The VR Series is capable of more than just efficiently collecting data. Measurement data can be displayed in a list, and the same analysis contents can be applied to all data at the same time.
It is possible to quickly check the differences in data obtained by measuring multiple target shapes before and after heat treatment, and the amount of difference in bad products when compared to the reference product. This enables easy quantitative analysis and evaluation of deformation caused by heat treatment.

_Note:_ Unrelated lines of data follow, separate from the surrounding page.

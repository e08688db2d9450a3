//! The answer of an exchange.

/// What an exchange of a directory word found.
#[derive(Clone, Copy, Debug, PartialEq, Eq)]
pub enum Exchanged {
    /// The word was 0, and is the draft now.
    Won,
    /// The word was this region, and still is.
    Lost { region: u64 },
}
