//! Elements that move from list to list, of which none is copied.

ghost use Rattle.std.specs.Prelude.{◌≡◌, [], ◌∷◌, ◌++◌, ◌≤◌, length, take, drop, insert, option_to_list, IsNone, ◌↔◌, OnOk, OnErr, IfOk};

use crate::list::List;
use crate::memory::NoMemory;

/// The list of a vector's elements. It takes no memory.
impl<T> From<Vec<T>> for List<T> {
    ghost from_gives = { λ v l. l ≡ v.items };

    fn from(items: Vec<T>) -> List<T> {
        List { items }
    }
}

impl<T: Drop> List<T> {
    /// Returns the vector of its elements. Takes no memory.
    pub fn into_vec(self) -> Vec<T>
        ensures { result.items ≡ self }
    {
        self.items
    }

    /// Asks for room for so many more elements. The list stays, also where it is refused.
    pub fn reserve(&mut self, more: usize) -> Result<(), NoMemory>
        ensures { self.new ≡ self.old }
    {
        self.items.reserve(more).map_err(|_| NoMemory)
    }

    /// Inserts an element before the one at `at`, counted from 0, or at the end. Refused, it leaves
    /// the list as it was.
    pub fn insert(&mut self, at: usize, element: T) -> Result<(), NoMemory>
        requires { at ≤ length self.old }
        ensures ok { OnOk result (self.new ≡ insert self.old at element) }
        ensures err { OnErr result (self.new ≡ self.old) }
    {
        self.items.insert(at, element).map_err(|_| NoMemory)
    }

    /// Removes the last element and returns it, or `None` where there is none.
    pub fn pop(&mut self) -> Option<T>
        ensures items { self.old ≡ self.new ++ option_to_list result }
        ensures none { IsNone result ↔ (self.old ≡ []) }
    {
        self.items.pop()
    }

    /// Moves the elements of another list to the end, and leaves that one empty. Refused, it leaves
    /// both as they were.
    pub fn append(&mut self, other: &mut List<T>) -> Result<(), NoMemory>
        ensures ok { OnOk result (self.new ≡ self.old ++ other.old) }
        ensures taken { OnOk result (other.new ≡ []) }
        ensures err { OnErr result (self.new ≡ self.old) }
        ensures other_err { OnErr result (other.new ≡ other.old) }
    {
        self.items.append(&mut other.items).map_err(|_| NoMemory)
    }

    /// Splits the list before the element at `at`, counted from 0, or at the end: keeps the first
    /// part and returns the rest. Refused, it leaves the list as it was.
    pub fn split_off(&mut self, at: usize) -> Result<List<T>, NoMemory>
        requires { at ≤ length self.old }
        ensures kept { OnOk result (self.new ≡ take at self.old) }
        ensures rest { IfOk result (λ rest. rest ≡ drop at self.old) }
        ensures err { OnErr result (self.new ≡ self.old) }
    {
        match self.items.split_off(at) {
            Ok(items) => Ok(List { items }),
            Err(_) => Err(NoMemory),
        }
    }
}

Advantage 2: Measurement data can be compared with reference data
A
Reference data
B
Measurement data

The VR Series can quicky measure targets that have complex shapes, something that would have previously required a lot of time and labor. Not only is data quickly captured but all the measurement results are digitalized, significantly reducing the work required for data comparison and analysis.

Summary: Dramatic Improvements for Measuring Deformation after Heat Treatment

Previously, measuring deformation caused by heat treatment took a lot of time, limiting the number of samples that could be measured. In some cases, measurement was not possible at all due to the complex shape of the part. However, the VR Series is capable of quickly measuring and quantifying deformation for these shapes. As a result, the VR Series can evaluate product quality with a higher level of accuracy and efficiency.

  • Significantly reduce the time spent measuring complex shapes by capturing entire surface data simultaneously.
  • Various differences in deformation can be easily identified and analyzed by capturing and comparing multiple sets of measurement data.
  • True quantitative measurement is possible, eliminating variation in results due to human error.
  • Simply place the target on the stage and click a button to capture accurate data, eliminating the need for specialized operators since there is no need for positioning or other preparation.
  • Accurately measure a lot targets in a short amount of time with high-speed scanning.

The VR Series is also capable of comparing data to previous scans and CAD models, as well as analyzing roughness.